*Task item*.
In the entries that follow, the lines from the one with "filename crates/haskell_module/src/names.rt" through the one with "fn write_literal_piece(text: &mut" are the ones to write out, exactly and with both ends included. Nothing else should appear.
**** Material for this exercise ****
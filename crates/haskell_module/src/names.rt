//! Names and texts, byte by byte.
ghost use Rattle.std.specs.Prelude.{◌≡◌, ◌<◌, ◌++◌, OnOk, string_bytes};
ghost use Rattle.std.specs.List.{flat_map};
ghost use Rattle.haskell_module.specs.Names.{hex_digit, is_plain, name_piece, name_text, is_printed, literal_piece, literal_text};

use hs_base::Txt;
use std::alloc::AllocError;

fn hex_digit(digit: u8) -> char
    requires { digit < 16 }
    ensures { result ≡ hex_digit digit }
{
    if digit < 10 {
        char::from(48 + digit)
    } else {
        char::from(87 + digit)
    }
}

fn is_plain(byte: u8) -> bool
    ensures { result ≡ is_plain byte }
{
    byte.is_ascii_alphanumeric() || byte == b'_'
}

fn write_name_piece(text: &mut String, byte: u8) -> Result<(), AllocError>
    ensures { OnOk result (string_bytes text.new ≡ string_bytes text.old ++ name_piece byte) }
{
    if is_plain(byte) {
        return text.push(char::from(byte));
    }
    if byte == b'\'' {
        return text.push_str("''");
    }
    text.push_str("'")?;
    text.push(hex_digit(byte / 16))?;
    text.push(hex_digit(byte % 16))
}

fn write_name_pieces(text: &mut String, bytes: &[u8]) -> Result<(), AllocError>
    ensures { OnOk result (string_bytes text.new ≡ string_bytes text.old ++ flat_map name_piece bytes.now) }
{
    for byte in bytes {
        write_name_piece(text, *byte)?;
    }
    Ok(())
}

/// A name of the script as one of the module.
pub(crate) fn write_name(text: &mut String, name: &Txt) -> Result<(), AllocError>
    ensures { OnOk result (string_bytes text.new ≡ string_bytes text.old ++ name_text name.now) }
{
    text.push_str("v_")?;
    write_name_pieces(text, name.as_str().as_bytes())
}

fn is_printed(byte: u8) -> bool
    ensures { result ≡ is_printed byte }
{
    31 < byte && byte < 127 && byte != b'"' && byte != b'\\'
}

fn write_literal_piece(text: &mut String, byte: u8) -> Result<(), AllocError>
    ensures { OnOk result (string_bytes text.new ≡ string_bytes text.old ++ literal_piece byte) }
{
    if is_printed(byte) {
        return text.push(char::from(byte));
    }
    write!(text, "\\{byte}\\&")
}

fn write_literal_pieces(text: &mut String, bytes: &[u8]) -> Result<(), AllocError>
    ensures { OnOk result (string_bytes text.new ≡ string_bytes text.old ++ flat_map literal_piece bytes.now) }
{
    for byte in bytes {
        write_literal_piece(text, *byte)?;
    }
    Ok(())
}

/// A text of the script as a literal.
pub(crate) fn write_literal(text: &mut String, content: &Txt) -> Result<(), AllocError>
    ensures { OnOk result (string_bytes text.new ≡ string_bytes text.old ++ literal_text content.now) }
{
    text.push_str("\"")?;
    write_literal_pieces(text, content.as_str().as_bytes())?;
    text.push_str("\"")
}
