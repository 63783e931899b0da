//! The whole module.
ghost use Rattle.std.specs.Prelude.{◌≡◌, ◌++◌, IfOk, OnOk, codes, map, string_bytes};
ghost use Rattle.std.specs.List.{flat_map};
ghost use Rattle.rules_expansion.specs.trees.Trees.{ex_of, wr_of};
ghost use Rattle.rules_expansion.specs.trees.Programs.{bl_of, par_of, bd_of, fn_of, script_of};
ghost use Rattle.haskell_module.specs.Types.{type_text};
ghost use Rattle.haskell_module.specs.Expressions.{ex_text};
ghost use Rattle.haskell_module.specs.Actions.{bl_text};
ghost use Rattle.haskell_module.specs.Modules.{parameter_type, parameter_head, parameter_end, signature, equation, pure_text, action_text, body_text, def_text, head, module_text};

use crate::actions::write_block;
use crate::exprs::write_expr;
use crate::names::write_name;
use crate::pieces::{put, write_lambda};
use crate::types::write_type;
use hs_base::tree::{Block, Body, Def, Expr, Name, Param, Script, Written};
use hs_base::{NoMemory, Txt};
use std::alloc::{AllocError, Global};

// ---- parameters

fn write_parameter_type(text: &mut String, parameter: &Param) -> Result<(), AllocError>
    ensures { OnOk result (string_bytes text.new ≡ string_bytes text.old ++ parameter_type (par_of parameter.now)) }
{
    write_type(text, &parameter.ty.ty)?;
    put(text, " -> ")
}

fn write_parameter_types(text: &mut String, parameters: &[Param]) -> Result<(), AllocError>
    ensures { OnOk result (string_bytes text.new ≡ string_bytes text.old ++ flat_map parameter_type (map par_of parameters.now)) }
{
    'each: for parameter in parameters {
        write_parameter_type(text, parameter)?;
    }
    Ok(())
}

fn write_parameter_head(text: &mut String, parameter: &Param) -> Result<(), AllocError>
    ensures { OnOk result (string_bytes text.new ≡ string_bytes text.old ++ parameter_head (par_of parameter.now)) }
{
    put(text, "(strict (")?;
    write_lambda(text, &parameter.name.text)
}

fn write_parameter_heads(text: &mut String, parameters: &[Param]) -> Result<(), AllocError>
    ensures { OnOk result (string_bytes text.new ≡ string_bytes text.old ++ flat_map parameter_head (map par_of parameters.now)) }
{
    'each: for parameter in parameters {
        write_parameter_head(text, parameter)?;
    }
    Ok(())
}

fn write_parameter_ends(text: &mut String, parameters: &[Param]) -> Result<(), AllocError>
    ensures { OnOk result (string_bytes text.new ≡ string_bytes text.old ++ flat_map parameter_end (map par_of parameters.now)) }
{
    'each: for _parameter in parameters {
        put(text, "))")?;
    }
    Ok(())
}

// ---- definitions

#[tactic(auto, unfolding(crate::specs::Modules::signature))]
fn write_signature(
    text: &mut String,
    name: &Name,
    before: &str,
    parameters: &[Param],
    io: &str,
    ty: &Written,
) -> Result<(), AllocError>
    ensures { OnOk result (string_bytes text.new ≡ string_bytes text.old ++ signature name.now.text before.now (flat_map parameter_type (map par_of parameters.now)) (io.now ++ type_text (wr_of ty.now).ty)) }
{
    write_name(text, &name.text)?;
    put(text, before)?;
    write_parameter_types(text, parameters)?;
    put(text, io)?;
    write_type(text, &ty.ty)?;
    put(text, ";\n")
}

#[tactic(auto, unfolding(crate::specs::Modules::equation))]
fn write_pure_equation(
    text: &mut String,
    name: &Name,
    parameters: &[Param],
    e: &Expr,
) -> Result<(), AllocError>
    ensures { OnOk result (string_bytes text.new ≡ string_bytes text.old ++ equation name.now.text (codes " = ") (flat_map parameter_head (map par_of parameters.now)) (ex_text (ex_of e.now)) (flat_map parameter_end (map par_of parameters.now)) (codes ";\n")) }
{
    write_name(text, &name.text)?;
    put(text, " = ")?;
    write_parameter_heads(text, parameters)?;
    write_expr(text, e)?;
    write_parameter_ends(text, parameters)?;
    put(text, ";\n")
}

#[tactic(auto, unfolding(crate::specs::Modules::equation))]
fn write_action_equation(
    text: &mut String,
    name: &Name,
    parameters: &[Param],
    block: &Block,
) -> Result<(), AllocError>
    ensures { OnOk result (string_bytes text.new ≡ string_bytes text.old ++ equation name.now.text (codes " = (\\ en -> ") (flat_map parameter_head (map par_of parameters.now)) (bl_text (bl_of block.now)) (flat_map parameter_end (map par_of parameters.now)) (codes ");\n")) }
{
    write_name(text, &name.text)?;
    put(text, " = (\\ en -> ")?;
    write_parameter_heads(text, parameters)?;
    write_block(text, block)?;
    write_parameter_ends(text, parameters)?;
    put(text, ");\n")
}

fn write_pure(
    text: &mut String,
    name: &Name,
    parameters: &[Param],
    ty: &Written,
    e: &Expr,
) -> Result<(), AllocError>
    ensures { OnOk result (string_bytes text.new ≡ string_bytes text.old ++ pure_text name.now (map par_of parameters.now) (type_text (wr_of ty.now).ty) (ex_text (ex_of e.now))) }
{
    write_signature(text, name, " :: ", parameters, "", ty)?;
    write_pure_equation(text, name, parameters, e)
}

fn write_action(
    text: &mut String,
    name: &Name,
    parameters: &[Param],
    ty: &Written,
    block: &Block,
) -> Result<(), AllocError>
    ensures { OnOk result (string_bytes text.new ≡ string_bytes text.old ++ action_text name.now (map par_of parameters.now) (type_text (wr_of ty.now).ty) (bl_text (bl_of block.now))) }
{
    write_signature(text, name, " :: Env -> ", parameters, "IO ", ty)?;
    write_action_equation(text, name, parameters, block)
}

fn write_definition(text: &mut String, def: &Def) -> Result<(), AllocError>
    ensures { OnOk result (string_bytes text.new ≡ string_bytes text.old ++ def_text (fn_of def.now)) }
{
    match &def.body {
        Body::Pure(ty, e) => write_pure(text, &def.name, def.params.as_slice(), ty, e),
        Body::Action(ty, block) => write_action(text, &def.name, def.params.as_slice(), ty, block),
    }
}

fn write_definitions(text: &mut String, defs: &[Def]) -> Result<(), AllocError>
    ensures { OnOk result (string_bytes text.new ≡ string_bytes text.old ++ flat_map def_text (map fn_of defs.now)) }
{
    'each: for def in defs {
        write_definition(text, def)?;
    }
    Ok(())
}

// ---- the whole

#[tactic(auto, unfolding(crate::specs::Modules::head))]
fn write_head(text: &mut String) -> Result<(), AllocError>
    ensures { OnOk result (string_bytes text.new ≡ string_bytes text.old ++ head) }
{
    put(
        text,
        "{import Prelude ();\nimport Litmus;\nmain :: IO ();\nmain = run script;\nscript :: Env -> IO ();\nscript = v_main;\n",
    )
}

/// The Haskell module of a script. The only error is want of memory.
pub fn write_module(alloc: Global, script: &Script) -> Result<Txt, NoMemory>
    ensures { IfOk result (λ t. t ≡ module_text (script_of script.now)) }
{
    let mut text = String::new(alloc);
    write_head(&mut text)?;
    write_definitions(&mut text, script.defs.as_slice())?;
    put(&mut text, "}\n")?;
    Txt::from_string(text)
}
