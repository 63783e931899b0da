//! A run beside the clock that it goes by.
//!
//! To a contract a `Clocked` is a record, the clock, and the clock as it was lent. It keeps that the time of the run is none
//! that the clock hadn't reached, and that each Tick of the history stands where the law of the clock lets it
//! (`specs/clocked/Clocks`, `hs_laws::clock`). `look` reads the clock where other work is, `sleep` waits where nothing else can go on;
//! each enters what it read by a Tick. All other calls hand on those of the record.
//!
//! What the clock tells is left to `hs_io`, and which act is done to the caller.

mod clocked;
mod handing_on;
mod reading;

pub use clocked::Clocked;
****
**** Material for this exercise ****
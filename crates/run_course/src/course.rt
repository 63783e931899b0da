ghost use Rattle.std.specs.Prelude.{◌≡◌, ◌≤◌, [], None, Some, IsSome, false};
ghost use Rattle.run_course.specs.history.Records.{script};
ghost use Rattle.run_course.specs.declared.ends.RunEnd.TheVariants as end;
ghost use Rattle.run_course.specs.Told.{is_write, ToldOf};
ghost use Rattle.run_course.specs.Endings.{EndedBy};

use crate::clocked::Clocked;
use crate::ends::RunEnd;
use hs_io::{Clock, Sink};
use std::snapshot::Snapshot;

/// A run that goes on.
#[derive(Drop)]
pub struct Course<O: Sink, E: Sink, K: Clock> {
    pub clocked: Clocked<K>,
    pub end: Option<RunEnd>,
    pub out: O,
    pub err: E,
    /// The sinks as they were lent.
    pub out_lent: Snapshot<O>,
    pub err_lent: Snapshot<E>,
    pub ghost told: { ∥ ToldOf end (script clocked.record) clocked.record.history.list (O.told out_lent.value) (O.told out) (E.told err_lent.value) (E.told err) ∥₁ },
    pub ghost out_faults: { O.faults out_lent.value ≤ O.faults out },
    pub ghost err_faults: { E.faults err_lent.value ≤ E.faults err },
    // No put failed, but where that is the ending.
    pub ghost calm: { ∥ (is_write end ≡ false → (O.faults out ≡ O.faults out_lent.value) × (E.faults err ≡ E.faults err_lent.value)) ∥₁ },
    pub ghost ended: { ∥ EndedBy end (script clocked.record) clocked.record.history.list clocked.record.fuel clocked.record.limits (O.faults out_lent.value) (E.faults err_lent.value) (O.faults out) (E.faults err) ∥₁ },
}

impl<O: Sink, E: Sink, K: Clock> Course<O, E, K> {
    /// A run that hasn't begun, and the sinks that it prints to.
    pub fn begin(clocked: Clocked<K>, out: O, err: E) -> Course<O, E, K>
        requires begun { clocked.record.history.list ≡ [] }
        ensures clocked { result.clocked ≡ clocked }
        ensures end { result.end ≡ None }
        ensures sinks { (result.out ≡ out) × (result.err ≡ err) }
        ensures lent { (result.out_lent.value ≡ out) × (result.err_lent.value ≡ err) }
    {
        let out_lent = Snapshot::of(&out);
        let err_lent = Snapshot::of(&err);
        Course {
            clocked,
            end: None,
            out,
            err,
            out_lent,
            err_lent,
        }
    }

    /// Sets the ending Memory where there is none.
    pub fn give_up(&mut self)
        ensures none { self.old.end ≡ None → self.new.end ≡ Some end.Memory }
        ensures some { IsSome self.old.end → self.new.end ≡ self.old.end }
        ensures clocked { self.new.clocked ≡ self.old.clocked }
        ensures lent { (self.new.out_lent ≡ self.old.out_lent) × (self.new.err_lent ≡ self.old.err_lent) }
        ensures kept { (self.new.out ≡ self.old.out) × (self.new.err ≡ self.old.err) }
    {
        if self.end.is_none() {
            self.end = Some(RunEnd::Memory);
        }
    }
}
****
*Task result*.
filename crates/haskell_module/src/names.rt
//! Names and texts, byte by byte.
ghost use Rattle.std.specs.Prelude.{◌≡◌, ◌<◌, ◌++◌, OnOk, string_bytes};
ghost use Rattle.std.specs.List.{flat_map};
ghost use Rattle.haskell_module.specs.Names.{hex_digit, is_plain, name_piece, name_text, is_printed, literal_piece, literal_text};

use hs_base::Txt;
use std::alloc::AllocError;

fn hex_digit(digit: u8) -> char
    requires { digit < 16 }
    ensures { result ≡ hex_digit digit }
{
    if digit < 10 {
        char::from(48 + digit)
    } else {
        char::from(87 + digit)
    }
}

fn is_plain(byte: u8) -> bool
    ensures { result ≡ is_plain byte }
{
    byte.is_ascii_alphanumeric() || byte == b'_'
}

fn write_name_piece(text: &mut String, byte: u8) -> Result<(), AllocError>
    ensures { OnOk result (string_bytes text.new ≡ string_bytes text.old ++ name_piece byte) }
{
    if is_plain(byte) {
        return text.push(char::from(byte));
    }
    if byte == b'\'' {
        return text.push_str("''");
    }
    text.push_str("'")?;
    text.push(hex_digit(byte / 16))?;
    text.push(hex_digit(byte % 16))
}

fn write_name_pieces(text: &mut String, bytes: &[u8]) -> Result<(), AllocError>
    ensures { OnOk result (string_bytes text.new ≡ string_bytes text.old ++ flat_map name_piece bytes.now) }
{
    for byte in bytes {
        write_name_piece(text, *byte)?;
    }
    Ok(())
}

/// A name of the script as one of the module.
pub(crate) fn write_name(text: &mut String, name: &Txt) -> Result<(), AllocError>
    ensures { OnOk result (string_bytes text.new ≡ string_bytes text.old ++ name_text name.now) }
{
    text.push_str("v_")?;
    write_name_pieces(text, name.as_str().as_bytes())
}

fn is_printed(byte: u8) -> bool
    ensures { result ≡ is_printed byte }
{
    31 < byte && byte < 127 && byte != b'"' && byte != b'\\'
}

fn write_literal_piece(text: &mut String, byte: u8) -> Result<(), AllocError>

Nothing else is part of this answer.